There are also these things called geoclysmic symmetrations which when one is in place to see it, the entire western face of a mountainside for instance may be transformed into a rough semblance of a bear, or of a man laying on his back for instance looking up at the sky. Think of the face they’ve claimed to find on mars. Fung shay folks, fung shay. That is, providing that it is the right time of day and the sun to the south is creating the effect of the shadow enough to make out the earnest grimace on the man’s face … obviously the martians didn’t get enough lay. But maybe they were too busy. Busy building faces in the dirt for posterity or some thing, I won’t be the judge.
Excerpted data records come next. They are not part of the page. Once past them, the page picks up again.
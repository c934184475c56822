//! A whole journal from its text.
ghost use Rattle.std.specs.Io.KnownBytes.{Consumes, IsAtEnd};
ghost use Rattle.std.specs.Prelude.{◌≡◌, ◌≢◌, ◌⊎◌, ℕ, List, Some, Err, IfErr, IfOk, OnOk, true};
ghost use Rattle.eu_model.specs.declared.commands.Entry.{Entry};
ghost use Rattle.eu_model.specs.declared.states.State.{State};
ghost use Rattle.eu_journal_read.specs.Drafts.{state_of};
ghost use Rattle.eu_journal_read.specs.Reader.{CameTo, EndsBefore, EndsIn, FailsToRead, IsUnsealed, TellsLine};
ghost use Rattle.eu_journal_read.specs.Said.{SaysJournal, journal_limits};

use crate::faults::JournalFault;
use crate::reader::JournalReader;
use crate::stages::{Front, Stage};
use crate::states::StateDraft;
use eu_lines::{Limits, ScriptFault, answer_lines};
use eu_model::{Entry, Queue, State};
use eu_stream::{Discarding, Source};
use std::alloc::{AllocFailed, Global};

/// A journal that was read.
#[derive(Debug, Drop)]
pub struct Recorded {
    /// The state with which it begins.
    pub base: State,
    /// Its entries.
    pub entries: Vec<Entry>,
    /// The state with which it ends.
    pub end: State,
}

impl Recorded {
    /// The journal of what was read of it. `AllocFailed` where no memory is left.
    fn new(front: Front, end: StateDraft) -> Result<Recorded, AllocFailed<Queue>>
        ensures { IfOk result (λ j. (j.base ≡ state_of front.base) × (j.entries.items ≡ front.entries) × (j.end ≡ state_of end)) }
    {
        let (base, entries) = front.parts();
        Ok(Recorded {
            base: base.finish()?,
            entries,
            end: end.finish()?,
        })
    }
}

/// How long a journal and its lines may be: 2^40 and 2^24 bytes.
fn limits() -> Limits
    ensures { result ≡ journal_limits }
{
    Limits {
        line: 1 << 24,
        text: 1 << 40,
    }
}

/// The stage after all lines of a text. `BadLine` where one can't be taken; `Read` where the reader failed, or the text is too long;
/// `OutOfMemory`.
fn last_stage<R: Source>(alloc: Global, reader: &mut R) -> Result<Stage, ScriptFault>
    ensures came { (read : List ℕ) × Consumes (R.remaining reader.old) (R.remaining reader.new) read × CameTo (R.remaining reader.new) (R.failed reader.new) read result }
    ensures sound { OnOk result (R.failed reader.new ≡ R.failed reader.old) }
    ensures told { IfErr result (λ fault. fault ≢ ScriptFault.Read → R.failed reader.new ≡ R.failed reader.old) }
    ensures same_stream { R.stream reader.new ≡ R.stream reader.old }
{
    let mut lines = JournalReader::new();
    answer_lines(
        alloc,
        limits(),
        reader,
        &mut Discarding,
        &mut lines,
        &mut (),
    )?;
    Ok(lines.stage)
}

/// The journal at the last stage. `EndsEarly` where it isn't the last; `OutOfMemory`.
fn finish(stage: Stage) -> Result<Recorded, JournalFault>
    ensures ok { IfOk result (λ j. EndsIn stage j.base j.entries.items j.end) }
    ensures err { IfErr result (λ fault. (fault ≡ JournalFault.OutOfMemory) ⊎ ((fault ≡ JournalFault.EndsEarly) × IsUnsealed stage)) }
{
    let Stage::Sealed { front, end } = stage else {
        drop(stage);
        return Err(JournalFault::EndsEarly);
    };
    let journal = Recorded::new(front, end)?;
    Ok(journal)
}

/// Reads a journal to the end of its text, by `write_journal`'s form. Lines that are empty are passed over. At most one line is kept beside
/// what was read.
///
/// The answer is right both ways: `Ok` comes only of a text that says this journal, and of a text that says one no fault comes but for want of
/// memory, or as the reader failed.
///
/// `BadLine` tells the first line that can't be taken: it has more than 2^24 bytes, is no line of a journal, can't follow the lines before it,
/// or is the digest of something else than these. `EndsEarly` where the text ends without the line of the digest. `Read` where the reader
/// failed, or the text has more than 2^40 bytes. `OutOfMemory` may come in place of any.
pub fn read_journal<R: Source>(alloc: Global, reader: &mut R) -> Result<Recorded, JournalFault>
    ensures ok { IfOk result (λ j. (text : List ℕ) × Consumes (R.remaining reader.old) (R.remaining reader.new) text × IsAtEnd (R.remaining reader.new) × SaysJournal text j.base j.entries.items j.end) }
    ensures refused { IfErr result (λ fault. (text : List ℕ) (base : State) (entries : List Entry) (end : State) → R.remaining reader.old ≡ Some text → SaysJournal text base entries end
        → (fault ≡ JournalFault.OutOfMemory) ⊎ ((fault ≡ JournalFault.Read) × (R.failed reader.new ≡ true))) }
    ensures bad_line { (n : ℕ) → result ≡ Err (JournalFault.BadLine n) → TellsLine (R.remaining reader.old) (R.remaining reader.new) n }
    ensures early { result ≡ Err JournalFault.EndsEarly → EndsBefore (R.remaining reader.old) (R.remaining reader.new) }
    ensures read { result ≡ Err JournalFault.Read → FailsToRead (R.remaining reader.old) (R.remaining reader.new) (R.failed reader.new) }
    ensures sound { OnOk result (R.failed reader.new ≡ R.failed reader.old) }
    ensures told { IfErr result (λ fault. fault ≢ JournalFault.Read → R.failed reader.new ≡ R.failed reader.old) }
    ensures same_stream { R.stream reader.new ≡ R.stream reader.old }
{
    let stage = last_stage(alloc, reader)?;
    finish(stage)
}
So too, there is this section of track that night on the columbia line, some miles after Boardman as one heads into Hinkle, that I remember particularly for the same reasons. There, shortly after the columbia curves off from us into the trinities and looking off to the south there are again those same thousand red eyes blinking in unison for miles and miles and one is hypnotized, without phone or radio or watch to force out the dark, and laying back to close your eyes there is this distinctly cacophonous low pitched groan created by some defect peculiar to that section of track. It is this wall of noise at first, but then, with a bit of adjustment all harmony. And there is this magic, this music, that is like a symphony in the clouds that seems to bend and bow and billow out of every 3 winged wind powered angel out there and it sings to you. If you’ll let it.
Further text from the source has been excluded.